Rational enlightenment arrived with Pastor August Hupel’s translation of Dr Peter Wilde’s A Little Learning (“Lühhike öppetus”, 1776) a self-help health manual for humans and cattle. Its patriarchal but humane approach to the peasants subsequently combined with academic change to create the Estophile movement. Mixing enlightenment and romanticism, the Estophiles believed with Johann Herder that a mother tongue was the manifestation of a volk worthy of serious study. The reopening of the University of Tartu in 1802 as a German institute on Russian soil was important. Estonian language courses (using Hupel’s textbook) were on the curriculum. Linguistic development was enhanced after 1809 when Finland was annexed into Russia. Finnish and Estonian are closely related Finno-Ugric languages and linguists and folklorists of the Estophile and Fennoman movements now rediscovered common cause (lost when Russia had conquered formerly Swedish territory in the Great Northern War) in joint research of their indigenous languages. Both Helsinki and Tartu universities adopted the Prussian higher education model of Wilhelm Humboldt, with scholars treating Estonian linguistic and folkloric studies as academic disciplines. Pastor Johann Rösenplanter’s journal Contributions to a More Exact Knowledge of the Estonian Language (Beiträge, 1813–1832) addressed linguistics, pedagogy and ethnography and, in 1822, the Beiträge published a translation (from Swedish to German) of Christfrid Ganander’s Finnish Mythology (1789) that introduced a Balto-Finnic mythology including the giant Kalevipoeg.
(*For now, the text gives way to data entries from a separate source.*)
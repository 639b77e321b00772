// The least box about a shape.
ghost use Rattle.std.specs.Prelude.{◌≡◌};
ghost use Rattle.plane.specs.Floor.{on};
ghost use Rattle.plane.specs.Question.{reply};
ghost use Rattle.boxes.specs.Box.{ask_box};
ghost use Rattle.answers.specs.Answer.{of_box};

use answers::{Answer, LeastBox, OnFloor, Refusal};
use polygon::corners;

// The edge whose box has the least perimeter: the box has a side on the edge and touches the shape on all four sides.
// Its sides across and along the edge are height and along, each over the length of the edge, whose square is squared.
// Boxes compare by (height + along)·(height + along)/squared as exact fractions. Of several such edges the smallest
// position. Refused: 1 to 5, then a point and a segment.
pub fn least_box(list: &[i32], floor: u16) -> Answer<LeastBox>
    ensures { of_box result ≡ reply (ask_box (on list.now floor)) }
{
    admission::admit(list, 1)?;
    if corners::count(list) < 3 {
        return Err(Refusal::Flat);
    }
    let found = boxes::least_box(list);
    let answer = LeastBox {
        edge: found.edge,
        height: found.height,
        along: found.along,
        squared: found.squared,
    };
    Ok(OnFloor { answer, floor })
}
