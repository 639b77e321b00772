// The questions on one list: a shape, the points of a sweep, a ring. Callers ask the crate `questions`.
#![tactic(auto)]

pub mod boxing;
pub mod rings;
mod sweeping;

ghost use Rattle.std.specs.Prelude.{◌≡◌, ◌<◌, length};
ghost use Rattle.plane.specs.Point.{point};
ghost use Rattle.plane.specs.Floor.{on};
ghost use Rattle.plane.specs.Question.{reply, output, ask_judge, ask_furthest, ask_mirror, ask_sweep, ask_length};
ghost use Rattle.plane.specs.Question.{ask_width};
ghost use Rattle.answers.specs.Answer.{of_answer, of_furthest, of_length, of_width, of_area};
ghost use Rattle.area.specs.Area.{ask_area};

use answers::{Answer, Face, Length, OnFloor, Refusal, Width};
use polygon::point::Point;
use polygon::{corners, opposite};

// Whether the list is a shape, and how many corners it has. A point and a segment are shapes. Refused: an empty or odd
// list, too many corners, a coordinate out of range, two equal corners or a broken left rule (with the first edge, then
// the first corner, that breaks it; three corners in line do), and a list begun at another corner than the lowest,
// leftmost one.
// Ruled out: consecutive turns only; one corner fewer; positions swapped.
pub fn judge(list: &[i32], floor: u16) -> Answer<usize>
    ensures { of_answer result ≡ reply (ask_judge (on list.now floor)) }
{
    admission::admit(list, 1)?;
    Ok(OnFloor {
        answer: corners::count(list),
        floor,
    })
}

// The corners that are furthest in the direction (u, v): the first and the last, counterclockwise, of those with the
// greatest u·x + v·y, and that value. They are one or two neighbours: where one corner is furthest alone, as that of a
// point always is, it is given twice; the last and the first of the list are given in this order; of a segment that
// lies across the direction 0 and 1. Refused: 1 to 5, then the direction (0, 0) and one with a part out of range, then
// one whose parts have a common divisor above 1: of directions that point the same way one is answered.
// Ruled out: segment taken over the end; smallest position over the end; last position on a tie; upright direction
// refused; eleven and twelve exchanged.
pub fn furthest(list: &[i32], floor: u16, u: i32, v: i32) -> Answer<Face>
    ensures { of_furthest result ≡ reply (ask_furthest (on list.now floor) (point u v)) }
{
    admission::admit(list, 1)?;
    admission::admit_direction(u, v)?;
    Ok(OnFloor {
        answer: direction::face_towards(list, Point { x: u, y: v }),
        floor,
    })
}

// Writes the mirror image, the shape of all (-x, -y), at the front of the output, and answers how many corners it has:
// as many as the list. All after the image is kept. Refused, with the output as it was: 1 to 5, then an output that
// holds fewer numbers than the image.
// Ruled out: mirror begun at the old start; output left alone; coordinates swapped; tail cleared.
pub fn mirror(list: &[i32], floor: u16, out: &mut [i32]) -> Answer<usize>
    ensures { (of_answer result ≡ reply (ask_mirror (on list.now floor) out.old))
        × (out.new ≡ output (ask_mirror (on list.now floor) out.old)) }
{
    admission::admit(list, 1)?;
    if out.len() < list.len() {
        return Err(Refusal::Room);
    }
    opposite::mirror(list, out);
    Ok(OnFloor {
        answer: corners::count(list),
        floor,
    })
}

// Writes the shape of up to as many points as a sweep may have, in any order, at the front of the output, and answers
// how many corners it has. A point that is repeated counts once in the shape, and one in line between two others is no
// corner of it; points that are all equal make a point, and points in one line a segment. Refused, with the output as
// it was: 1 to 3, points counted before repeats are dropped, and then an output that is too small.
// Ruled out: points in line kept; repeats kept; repeats not counted; output written before the room is known.
pub fn sweep(list: &[i32], floor: u16, out: &mut [i32]) -> Answer<usize>
    ensures { (of_answer result ≡ reply (ask_sweep (on list.now floor) out.old))
        × (out.new ≡ output (ask_sweep (on list.now floor) out.old)) }
{
    admission::admit_points(list)?;
    sweeping::sweep(list, floor, out)
}

// The greatest squared distance between two corners, and the positions of two corners that are so far apart. Of several
// such pairs: the smallest first position, then the smallest second. A point answers 0 at 0, 0, and a segment its own
// two corners. Refused: 1 to 5.
// Ruled out: ties to the larger position; first position given twice; search turned on distance.
pub fn length(list: &[i32], floor: u16) -> Answer<Length>
    ensures { of_length result ≡ reply (ask_length (on list.now floor)) }
{
    admission::admit(list, 1)?;
    Ok(OnFloor {
        answer: measure::furthest_pair(list),
        floor,
    })
}

// Returns twice the area, which is a whole number: 0 for a point and a segment. Refused: 1 to 5.
// Ruled out: first edge left out; outline not closed.
pub fn area(list: &[i32], floor: u16) -> Answer<u64>
    ensures { of_area result ≡ reply (ask_area (on list.now floor)) }
{
    admission::admit(list, 1)?;
    Ok(OnFloor {
        answer: area::twice_area(list),
        floor,
    })
}

// The edge across which the shape is narrowest, the corner furthest from it, that corner's turn, the edge's squared
// length, and the width rounded down. Edges compare by turn·turn/squared as exact fractions. Of several such edges the
// smallest position; of two corners equally far from it, as where the opposite edge is parallel, the smallest position.
// Refused: 1 to 5, then a point and a segment.
// Ruled out: later edge on a tie; widths compared after rounding down; rounded width one too large.
pub fn width(list: &[i32], floor: u16) -> Answer<Width>
    ensures { of_width result ≡ reply (ask_width (on list.now floor)) }
{
    admission::admit(list, 1)?;
    if corners::count(list) < 3 {
        return Err(Refusal::Flat);
    }
    Ok(OnFloor {
        answer: measure::narrowest_edge(list),
        floor,
    })
}
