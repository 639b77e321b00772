// Inner functions: a sweep in a buffer of one of three sizes. To clear a buffer for the most points takes a fifth of
// the sweep of few.
ghost use Rattle.std.specs.Prelude.{◌≡◌, ◌*◌, ◌^◌, ◌<◌, ◌≤◌, length};
ghost use Rattle.plane.specs.Sweep.{ValidPoints};
ghost use Rattle.plane.specs.Floor.{on};
ghost use Rattle.plane.specs.Question.{reply, output, ask_sweep};
ghost use Rattle.answers.specs.Answer.{of_answer};

use answers::Answer;
use polygon::limits::CHAINS_NUMBERS;

// Numbers of a buffer for both chains of few points, and of some more.
const SMALL_NUMBERS: usize = 128;

const MIDDLE_NUMBERS: usize = 1_024;

// Writes the shape of the points of a sweep at the front of the output, or refuses 8.
pub fn sweep(list: &[i32], floor: u16, out: &mut [i32]) -> Answer<usize>
    requires { ValidPoints list.now }
    ensures { (of_answer result ≡ reply (ask_sweep (on list.now floor) out.old))
        × (out.new ≡ output (ask_sweep (on list.now floor) out.old)) }
{
    let both = 2 * list.len();
    if both <= SMALL_NUMBERS {
        return sweep_within::<SMALL_NUMBERS>(list, floor, out);
    }
    if both <= MIDDLE_NUMBERS {
        return sweep_within::<MIDDLE_NUMBERS>(list, floor, out);
    }
    sweep_within::<CHAINS_NUMBERS>(list, floor, out)
}

// The same in a buffer that holds both chains of the points.
fn sweep_within<const N: usize>(list: &[i32], floor: u16, out: &mut [i32]) -> Answer<usize>
    requires { ValidPoints list.now × (2 * length list.now ≤ N) × (N < 2 ^ 32) }
    ensures { (of_answer result ≡ reply (ask_sweep (on list.now floor) out.old))
        × (out.new ≡ output (ask_sweep (on list.now floor) out.old)) }
{
    let mut shape = [0i32; N];
    let n = hull::sweep(list, &mut shape);
    delivery::deliver(&shape[..2 * n], floor, out)
}
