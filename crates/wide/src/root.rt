// Inner functions: which number the search for a root tries next. Nothing hangs on it but the time.
ghost use Rattle.std.specs.Prelude.{◌<◌, ◌≤◌};

use crate::arithmetic::high_product;

// 3, where a one is 2^62.
const THREE: u64 = 0xc000_0000_0000_0000;

// 2.15, where a one is 2^63, without the 2, which wraps.
const START: u64 = 0x1333_3333_3333_3333;

// A number near t/√q. Of a root below 2^22 it is all but always the root or the next number; then two comparisons do.
// q is moved up by an even count of places, so that x, where a one is 2^64, is 1/4 or more; 1/√x begins at
// 2.15 - 1.25·x.
pub fn near_root(t: u64, q: u64) -> u64 {
    let half = q.leading_zeros() / 2 % 32;
    let x = q << (2 * half);
    let line = START.wrapping_sub(x / 2 + x / 8);
    let y = closer(x, closer(x, closer(x, line)));
    (high_product(t, y) >> (31 - half)).wrapping_add(1)
}

// Newton's step towards 1/√x, from y to y·(3 - x·y·y)/2, where a one of y is 2^63. It doubles the right digits.
fn closer(x: u64, y: u64) -> u64 {
    let square = high_product(high_product(y, y), x);
    high_product(y, THREE.wrapping_sub(square)) << 1
}

// The number that is thought near, if it lies between; else the one half way.
pub fn between(low: u64, high: u64, near: u64) -> u64
    requires { low < high }
    ensures { (low < result) × (result ≤ high) }
{
    if low < near && near <= high {
        near
    } else {
        high - (high - low) / 2
    }
}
More about Kalevipoeg later. The translation was by Kristjan Jaak Peterson, the son of an Estonian köster, a Tartu university student and the first advocate of a literary Estonian. Peterson wrote Estonian poetry and expressed a hope for appreciation of his mother tongue when this was no more than a pipe dream. His poems were first published a hundred years after his death in 1922. Kristjan Jaak’s birthday, 14 March, is now Mother Tongue Day.

The creation of a national epic, a cornerstone of Humboltian ideas, and inspired regionally by the Finnish Kalevala, was championed at the Estonian Learned Society (ELS; Õpetatud Eesti Selts in Estonian; Gelehrte Estnische Gesellschaft in German, founded 1838) by Dr Georg J. Schultz, Estophile and censor of the Baltic provinces, to encourage Estonian character building after emancipation from serfdom (1816–1819). The epic was written by Dr Friedrich Faehlman and Dr Friedrich Kreutzwald, Estonian graduates from the University of Tartu with a belief in written Estonian literature and the skills to write it. Both benefitted from the opportunity for social mobility that began with cameralist laws for Estland and Livland (1802–1804) aiming to create literate government administrators. To facilitate this aim, a ladder was created from Estonian-language village school to German-language town secondary school to university. The Emancipation Acts (1816–1819) made peasant schools and a village schoolmaster (though not school attendance) mandatory.

The regivärss national epic Kalevipoeg (“The Son of Kalev”) created a national hero, a king of ancient Estonia, out of a popular folk giant. Despite its being an academic work seen by only ELS scholars, almost 20% of the first version (1853) was deemed “nationalistic” and mention of “happiness” in precolonial days and the “lucid language of Estonia” were censored. The first popular edition of Kalevipoeg was printed in Finland, where censorship was lighter, in 1862, and thereafter censorship fostered a deep tendency towards symbolism.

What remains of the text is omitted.